The retailer will take care of patient education.
Doctors will have higher trust in the devices patients use.
The retailer will help patients select the best brand and right device for them.
Doctors will have more patients sharing data.
The retailer will help patients connect their devices to the EMR.
Doctors will have access to more / better data.
Through education and increased comfort, patients will have higher compliance.
RESEARCH QUESTION
Would physicians be willing and motivated to recommend the big box store?
RESEARCH APPROACH
Remote interviews with
primary care physicians,
endocrinologists,
cardiologists,
nurse practitioners,
& nurses
Secondary research (and my own past experience interviewing physicians) suggested this would be a very tough sell, but the customer was hopeful that there was an angle.
To parse the opportunity that might exist between the gaps in the secondary data, we conducted video interviews with key provider types.
Intro — Session overview + provider background
Appointment journey — Overview / confirmation
Device discussion — Their current experience
Benefits card sort — Potential areas of value
Benefits ranking — Most important areas of value
Real-talk check-in — “If a company could provide the benefits you prefer, would you recommend them?”
Concept rating — Very low-fi concepts showing mechanisms for the patient to know about the offering
Unaided brand question — “Who could do this?”
Brand sort — Including our customer … who could do this?

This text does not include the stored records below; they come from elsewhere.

//! Texts that are printed in parts.
ghost use Rattle.std.specs.Prelude.{◌≡◌, ◌++◌, OnOk};
ghost use Rattle.std.specs.List.{flat_map};
ghost use Rattle.pf_base.specs.Text.Printing.{printed};

use pf_base::{Bytes, NoMemory, add_printed};

/// Adds the parts of a text in turn, control bytes as question marks.
pub(crate) fn add_all_printed(text: &mut Bytes, parts: &[&[u8]]) -> Result<(), NoMemory>
    ensures { OnOk result (text.new ≡ text.old ++ printed (flat_map (λ part. part.now) parts.now)) }
{
    for part in parts {
        add_printed(text, part)?;
    }
    Ok(())
}
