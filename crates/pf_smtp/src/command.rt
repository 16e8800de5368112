//! The parts of a command line (RFC 5321, 2.4 and 4.1.1).
ghost use Rattle.std.specs.Prelude.{◌≡◌, ◌≤◌, length};
ghost use Rattle.std.specs.List.{before_first, after_first, position_or_len};
ghost use Rattle.std.specs.Option.{option_copied};
ghost use Rattle.pf_base.specs.Text.Space.{is_space};
ghost use Rattle.pf_smtp.specs.Command as command;

use pf_addr::{AddressRef, Path, path_ref};
use pf_base::{is_space, same_in_any_case, trimmed};

/// What a line asks for.
#[derive(Clone, Copy, Debug, PartialEq, Eq)]
pub enum Verb {
    Empty,
    Helo,
    Mail,
    Rcpt,
    Quit,
    Other,
}

// Where the first word of a line ends.
fn word_end(line: &[u8]) -> usize
    ensures within { result ≤ length line.now }
    ensures end { result ≡ position_or_len is_space line.now }
{
    for (i, b) in line.iter().enumerate() {
        if is_space(*b) {
            return i;
        }
    }
    line.len()
}

fn first_word(line: &[u8]) -> &[u8]
    ensures { result.now ≡ before_first is_space line.now }
{
    &line[..word_end(line)]
}

fn after_first_word(line: &[u8]) -> &[u8]
    ensures { result.now ≡ after_first is_space line.now }
{
    match &line[word_end(line)..] {
        [] => &[],
        [_, after @ ..] => after,
    }
}

fn verb_named(word: &[u8]) -> Verb
    ensures { result ≡ command.verb_named word.now }
{
    if same_in_any_case(word, b"HELO") {
        Verb::Helo
    } else if same_in_any_case(word, b"MAIL") {
        Verb::Mail
    } else if same_in_any_case(word, b"RCPT") {
        Verb::Rcpt
    } else if same_in_any_case(word, b"QUIT") {
        Verb::Quit
    } else {
        Verb::Other
    }
}

/// The verb of a line without space at its ends, in any case.
#[tactic(auto, unfolding(crate::specs::Command::verb_of))]
pub(crate) fn verb_of(line: &[u8]) -> Verb
    ensures { result ≡ command.verb_of line.now }
{
    if line.is_empty() {
        Verb::Empty
    } else {
        verb_named(first_word(line))
    }
}

/// The argument of such a line, without space at its ends.
pub(crate) fn argument_of(line: &[u8]) -> &[u8]
    ensures { result.now ≡ command.argument_of line.now }
{
    trimmed(after_first_word(line))
}

/// What comes after a keyword, in any case; None where the argument begins otherwise.
#[tactic(auto, unfolding(crate::specs::Command::after_keyword))]
pub(crate) fn after_keyword<'a>(keyword: &[u8], argument: &'a [u8]) -> Option<&'a [u8]>
    ensures { option_copied result ≡ command.after_keyword keyword.now argument.now }
{
    let end = keyword.len().min(argument.len());
    if same_in_any_case(&argument[..end], keyword) {
        Some(&argument[end..])
    } else {
        None
    }
}

/// The path that a text is after space; None where it is none, or something is after the path.
#[tactic(auto, unfolding(crate::specs::Command::whole_path))]
pub(crate) fn whole_path(text: &[u8]) -> Option<Path<AddressRef<'_>>>
    ensures { result ≡ command.whole_path text.now }
{
    let read = path_ref(text)?;
    if read.end == text.len() as u64 {
        Some(read.path)
    } else {
        None
    }
}
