//! The SMTP session (RFC 5321): lines in, replies and decisions out, in whatever pieces the input comes.
#![tactic(auto)]

mod command;
mod entry;
mod printing;
mod progress;
mod record_line;
mod reply;
mod session;
mod state;
mod step;

pub use entry::Entry;
pub use progress::{LineBuffer, Progress};
pub use record_line::RecordLine;
pub use reply::{HeloReply, LineReply, MailReply, QuitReply, RcptReply, Reply};
pub use session::{Going, Session};
pub use state::{Setup, State};
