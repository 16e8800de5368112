//! Lines of a message's record.

/// A line of a message's record, which is postgate's own. No verb of today gives one.
#[derive(Drop)]
pub enum RecordLine {}
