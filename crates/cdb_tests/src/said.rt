//! What is said of a file that a row describes, by the kinds of rows:
//!
//! - `hash`: the hash of the text
//! - `size`: how many bytes the file has
//! - `check`, `list` and `ask KEY`: what the program prints of the file
//! - `kept KEY`: the value of a key in a file that is kept, `none`, or the line of its damage
//! - `answer KEY`: the same, of the key or of the key with a null byte after it
//! - `pairs` and `listed`: the lines of the pairs of a file that is kept; in `listed` without the null
//!   bytes after a key and its value, where both have one
//! - `made`: whether `write` makes this file of its pairs, and a writer does to which they are added
//! - `repeats`: whether a writer says that a key comes more than once in some pairs
//! - `large`: how many bytes the file of one pair has whose key is empty and whose value has so many bytes, or `too large`, as
//!   `write` makes it and as a writer does
//! - `sweep`: of how many files that differ from this one in a byte something else is said than the plain program says
use crate::asking::{add_number, ask, damage_line, list};
use crate::described::file_of;
use crate::kept::{Question, add_kept};
use crate::made::{add_large, add_made, add_repeats};
use crate::sweep::count_wrong;
use pf_base::{Bytes, NoMemory};
use pf_cdb::hash;
use row_files::Says;
use std::alloc::Global;

// Adds what is said of a file.
fn add_of_file(
    alloc: Global,
    said: &mut Bytes,
    kind: &str,
    key: &[u8],
    file: Bytes,
) -> Result<(), NoMemory> {
    match kind {
        "size" => add_number(alloc, said, file.len()),
        "check" => said.extend(damage_line(alloc, file.as_slice())?.as_slice()),
        "list" => said.extend(list(alloc, file.as_slice())?.as_slice()),
        "ask" => said.extend(ask(alloc, file.as_slice(), key)?.as_slice()),
        "sweep" => add_number(alloc, said, count_wrong(alloc, file.as_slice())?),
        "kept" => add_kept(alloc, said, file, Question::Value(key)),
        "answer" => add_kept(alloc, said, file, Question::Answer(key)),
        "pairs" => add_kept(alloc, said, file, Question::Pairs),
        "listed" => add_kept(alloc, said, file, Question::Listed),
        _ => said.extend(b"no such kind"),
    }
}

/// Says what pf_cdb says of texts.
#[derive(Drop)]
pub struct Files;

impl Says for Files {
    fn say(
        &mut self,
        alloc: Global,
        said: &mut Bytes,
        prefix: &str,
        text: &str,
    ) -> Result<(), NoMemory> {
        let (kind, key) = prefix.split_once(' ').unwrap_or((prefix, ""));
        match kind {
            "hash" => add_number(alloc, said, u64::from(hash(text.as_bytes()))),
            "made" => add_made(alloc, said, text),
            "repeats" => add_repeats(alloc, said, text),
            "large" => add_large(alloc, said, text.parse::<usize>().unwrap_or(0)),
            _ => add_of_file(alloc, said, kind, key.as_bytes(), file_of(alloc, text)?),
        }
    }
}
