//! The session, as the layer above drives it.
ghost use Rattle.std.specs.Prelude.{◌≡◌, [], true, false, Ok, IfErr, IfOk, OnErr, OnOk};
ghost use Rattle.pf_base.specs.Outside.Objects.{Says, StopsBy, out_text, sinks};
ghost use Rattle.pf_base.specs.Outside.Known.{Output};
ghost use Rattle.pf_smtp.specs.Clauses.Feeding.{Took, fresh, going_of, texts_given};
ghost use Rattle.pf_smtp.specs.Text.{greeting_of};

use crate::progress::{LineBuffer, Progress};
use crate::reply::print_greeting;
use crate::state::{Setup, State};
use pf_base::{Bytes, Sink, SinkFault, Texts, write_out, write_texts};
use pf_cidr::Addr;
use pf_eval::PlainPolicy;
use std::alloc::Global;
use std::marker::Model;

/// Whether a session goes on. It has ended once a QUIT was answered with 221 (RFC 5321, 4.1.1.10), or a fault came.
#[derive(Clone, Copy, Debug, PartialEq, Eq)]
pub enum Going {
    /// It takes more input.
    More,
    /// It has ended.
    Ended,
}

// Lets the texts go, and keeps their room.
fn clear(texts: &mut Texts)
    ensures { texts.new ≡ record { out = []; mail = []; log = [] } }
{
    texts.out.clear();
    texts.mail.clear();
    texts.log.clear();
}

impl Progress {
    // Answers a piece. What it gives is gathered in the room of the texts, which may hold what an earlier piece gave.
    fn answer<O: Sink, M: Sink, J: Sink>(
        &mut self,
        alloc: Global,
        piece: &[u8],
        texts: &mut Texts,
        out: &mut O,
        mail: &mut M,
        log: &mut J,
    ) -> Result<(), SinkFault>
        ensures took { OnOk result (Took (sinks (O.known out.old) (M.known mail.old) (J.known log.old))
            (sinks (O.known out.new) (M.known mail.new) (J.known log.new)) self.old self.new piece.now) }
        ensures stops { IfErr result (λ fault. StopsBy fault (sinks (O.known out.old) (M.known mail.old) (J.known log.old))
            (sinks (O.known out.new) (M.known mail.new) (J.known log.new)) (texts_given self.old piece.now)) }
        ensures mail { M.known mail.new ≡ M.known mail.old }
    {
        clear(texts);
        self.take_piece(alloc, piece, texts)?;
        write_texts(texts, out, mail, log)
    }

    fn greet<O: Sink>(&self, alloc: Global, out: &mut O) -> Result<(), SinkFault>
        ensures { (mail log : Output) → Says (sinks (O.known out.old) mail log) (sinks (O.known out.new) mail log)
            (out_text (greeting_of self.now.setup.banner)) result }
    {
        let mut text = Bytes::new(alloc);
        print_greeting(self.setup.banner.as_slice(), &mut text)?;
        write_out(out, text.as_slice())
    }
}

/// A session with one client.
#[derive(Debug, Drop)]
pub struct Session {
    begun: bool,
    progress: Progress,
    // What the last piece gave: its room is used for the next one.
    texts: Texts,
}

impl Model for Session {
    ghost use Rattle.pf_smtp.specs.Clauses.Feeding.{SessionState};

    ghost Value = { SessionState };

    ghost view = { λ session. record { begun = session.begun; progress = session.progress } };
}

impl Session {
    /// A session of the server of this name and this banner with the client of this IPv4 address, whose first number is its
    /// highest byte. It takes no memory.
    pub fn new(
        alloc: Global,
        host: Bytes,
        banner: Bytes,
        policy: PlainPolicy,
        client: Addr,
    ) -> Session
        ensures { result ≡ record { begun = false; progress = fresh (record { host = host; banner = banner; policy = policy; client = client }) } }
    {
        Session {
            begun: false,
            progress: Progress {
                setup: Setup {
                    host,
                    banner,
                    policy,
                    client,
                },
                state: State {
                    line: 0,
                    sender: None,
                    ended: false,
                },
                partial: LineBuffer::new(alloc),
            },
            texts: Texts::new(alloc),
        }
    }

    /// Says the greeting, which is the banner after its code (postconf(5), smtpd_banner; RFC 5321, 4.2), once and first. After
    /// a fault a prefix of it was written, and the session has ended.
    pub fn greet<O: Sink>(&mut self, alloc: Global, out: &mut O) -> Result<(), SinkFault>
        requires { self.old.begun ≡ false }
        ensures says { (mail log : Output) → Says (sinks (O.known out.old) mail log) (sinks (O.known out.new) mail log)
            (out_text (greeting_of self.old.progress.setup.banner)) result }
        ensures begun { self.new.begun ≡ true }
        ensures same { OnOk result (self.new.progress ≡ self.old.progress) }
        ensures ended { OnErr result (self.new.progress.state.ended ≡ true) }
    {
        self.begun = true;
        match self.progress.greet(alloc, out) {
            Ok(()) => Ok(()),
            Err(fault) => {
                self.progress.state.ended = true;
                Err(fault)
            }
        }
    }

    /// Takes the next piece of the input, of any size, after the greeting, and answers the lines that end in it: the record lines
    /// first, then the log lines, then the replies. After a fault a prefix of them was written, nothing to a sink after the one that
    /// failed, and the session has ended. A session that has ended writes nothing and answers `Ended`. No verb of today gives a
    /// record line.
    pub fn feed<O: Sink, M: Sink, J: Sink>(
        &mut self,
        alloc: Global,
        piece: &[u8],
        out: &mut O,
        mail: &mut M,
        log: &mut J,
    ) -> Result<Going, SinkFault>
        requires { self.old.begun ≡ true }
        ensures took { OnOk result (Took (sinks (O.known out.old) (M.known mail.old) (J.known log.old))
            (sinks (O.known out.new) (M.known mail.new) (J.known log.new)) self.old.progress self.new.progress piece.now) }
        ensures stops { IfErr result (λ fault. StopsBy fault (sinks (O.known out.old) (M.known mail.old) (J.known log.old))
            (sinks (O.known out.new) (M.known mail.new) (J.known log.new)) (texts_given self.old.progress piece.now)) }
        ensures mail { M.known mail.new ≡ M.known mail.old }
        ensures begun { self.new.begun ≡ true }
        ensures going { IfOk result (λ going. going ≡ going_of self.new.progress.state) }
        ensures ended { OnErr result (self.new.progress.state.ended ≡ true) }
        ensures silent { self.old.progress.state.ended ≡ true → result ≡ Ok Going.Ended }
    {
        if self.progress.state.ended {
            return Ok(Going::Ended);
        }
        match self
            .progress
            .answer(alloc, piece, &mut self.texts, out, mail, log)
        {
            Ok(()) => {
                if self.progress.state.ended {
                    Ok(Going::Ended)
                } else {
                    Ok(Going::More)
                }
            }
            Err(fault) => {
                self.progress.state.ended = true;
                Err(fault)
            }
        }
    }
}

Real-talk wrap-up — “With the benefits and brand you prefer, would this realistically make it into your workflow?”
SESSION FLOW
REALITY
Physicians almost uniformly did not want to suggest a place for patients to get devices.
There were two opposing reasons for this.

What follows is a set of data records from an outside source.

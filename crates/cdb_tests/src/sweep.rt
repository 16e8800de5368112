//! Files that differ from one in a byte, beside what the plain program says of them.
ghost use Rattle.std.specs.Prelude.{◌<◌, length};

use crate::plain;
use pf_base::NoMemory;
use pf_cdb::{check, find};
use std::alloc::Global;

static KEYS: [&[u8]; 8] = [b"aa", b"ii", b"qq", b"g'", b"", b"a", b"ba", b"ij"];

// The value of a key in a file; None where it has none, or where it is damaged.
fn value<'a>(file: &'a [u8], key: &[u8]) -> Option<&'a [u8]> {
    match check(file) {
        Ok(()) => match find(file, key) {
            Some(span) => Some(&file[span.start as usize..span.end as usize]),
            None => None,
        },
        Err(_) => None,
    }
}

// Whether all keys have the values that the plain program finds.
fn has_values(file: &[u8]) -> bool {
    for key in &KEYS {
        if value(file, *key) != plain::value(file, *key) {
            return false;
        }
    }
    true
}

// Whether `check` and `find` say of a file what the plain program does.
fn is_right(file: &[u8]) -> bool {
    match check(file) {
        Err(damage) => plain::first_damage(file) == Some(damage),
        Ok(()) => plain::first_damage(file).is_none() && has_values(file),
    }
}

// How many of three other bytes at a place give a file of which something else is said.
fn wrong_at(file: &mut [u8], place: usize) -> u64
    requires { place < length file.old }
{
    let old = file[place];
    let mut wrong: u64 = 0;
    for byte in [0, 255, old.wrapping_add(1)] {
        file[place] = byte;
        if !is_right(file) {
            wrong = wrong.saturating_add(1);
        }
    }
    file[place] = old;
    wrong
}

/// How many files that differ from this one in a byte something else is said of than the plain program says.
pub fn count_wrong(alloc: Global, whole: &[u8]) -> Result<u64, NoMemory> {
    let mut file = Vec::new(alloc);
    file.extend_from_slice(whole)?;
    let mut wrong: u64 = 0;
    for place in 0..file.len() {
        wrong = wrong.saturating_add(wrong_at(file.as_mut_slice(), place));
    }
    Ok(wrong)
}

They found it unnecessary.
They didn’t think patients needed support and didn’t think it mattered where patients got devices.
— or —
They didn’t want to outsource it.
They used device selection to build rapport, wanted to control what patients learned, or were able to provide device samples (for CGMs).
The one provider who was interested was highly tech-forward and hands-off — a combination that doesn’t scale.